-- Dataset --
= Beginning of Section =

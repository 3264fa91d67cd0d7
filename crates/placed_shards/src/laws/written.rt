//! Laws of shards that are written and opened again.

ghost use Rattle.std.specs.Prelude.{◌≡◌, ℕ, List};
ghost use Rattle.xet_records.specs.declared.record_reader.FormatVersion.{FormatVersion};
ghost use Rattle.placed_shards.specs.Content.{Content, content_layout};
ghost use Rattle.placed_shards.specs.Findings.{HasFormedRecords};
ghost use Rattle.placed_shards.specs.Laws.{opened_again, options_named, AreAsRead, IsWellFormedShard, IsWritable};
ghost use Rattle.placed_shards.specs.Opening.{Opens};

/// Law: written bytes are opened as the files as reading returns them, the xorbs, and the options
/// in this version without tables that have no row (`opened`), and as nothing else (`only`).
pub fn written_is_opened()
    ensures opened { (version : FormatVersion) → (c : Content) → IsWritable version c
        → Opens (content_layout version c) (opened_again version c) }
    ensures only { (version : FormatVersion) → (c d : Content) → IsWritable version c
        → Opens (content_layout version c) d → d ≡ opened_again version c }
{}

/// Law: if files are as reading returns them, what is opened of written bytes is written as these
/// again (`again`), so the same is opened only of the same bytes (`same_bytes`).
pub fn opened_is_written()
    ensures again { (version : FormatVersion) → (c : Content) → AreAsRead c
        → content_layout version (opened_again version c) ≡ content_layout version c }
    ensures same_bytes { (v w : FormatVersion) → (c d opened : Content) → IsWritable v c
        → IsWritable w d → AreAsRead c → AreAsRead d → Opens (content_layout v c) opened
        → Opens (content_layout w d) opened → content_layout v c ≡ content_layout w d }
{}

/// Law: an opened shard can be written in its version (`writable`), and is opened again without
/// tables that have no row (`opened`). It is well-formed if its records are (`well_formed`).
pub fn opened_can_be_written()
    ensures writable { (bytes : List ℕ) → (c : Content) → Opens bytes c
        → IsWritable c.options.version c }
    ensures opened { (bytes : List ℕ) → (c : Content) → Opens bytes c
        → Opens (content_layout c.options.version c)
        (record c { options = options_named c.options.version c }) }
    ensures well_formed { (bytes : List ℕ) → (c : Content) → Opens bytes c → HasFormedRecords c
        → IsWellFormedShard c }
{}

= End of Section =

-- Exercise requirements --
In the entries above, find each line with the word "without" and copy it.

-- Response to this task --
/// in this version without tables that have no row (`opened`), and as nothing else (`only`).
/// Law: an opened shard can be written in its version (`writable`), and is opened again without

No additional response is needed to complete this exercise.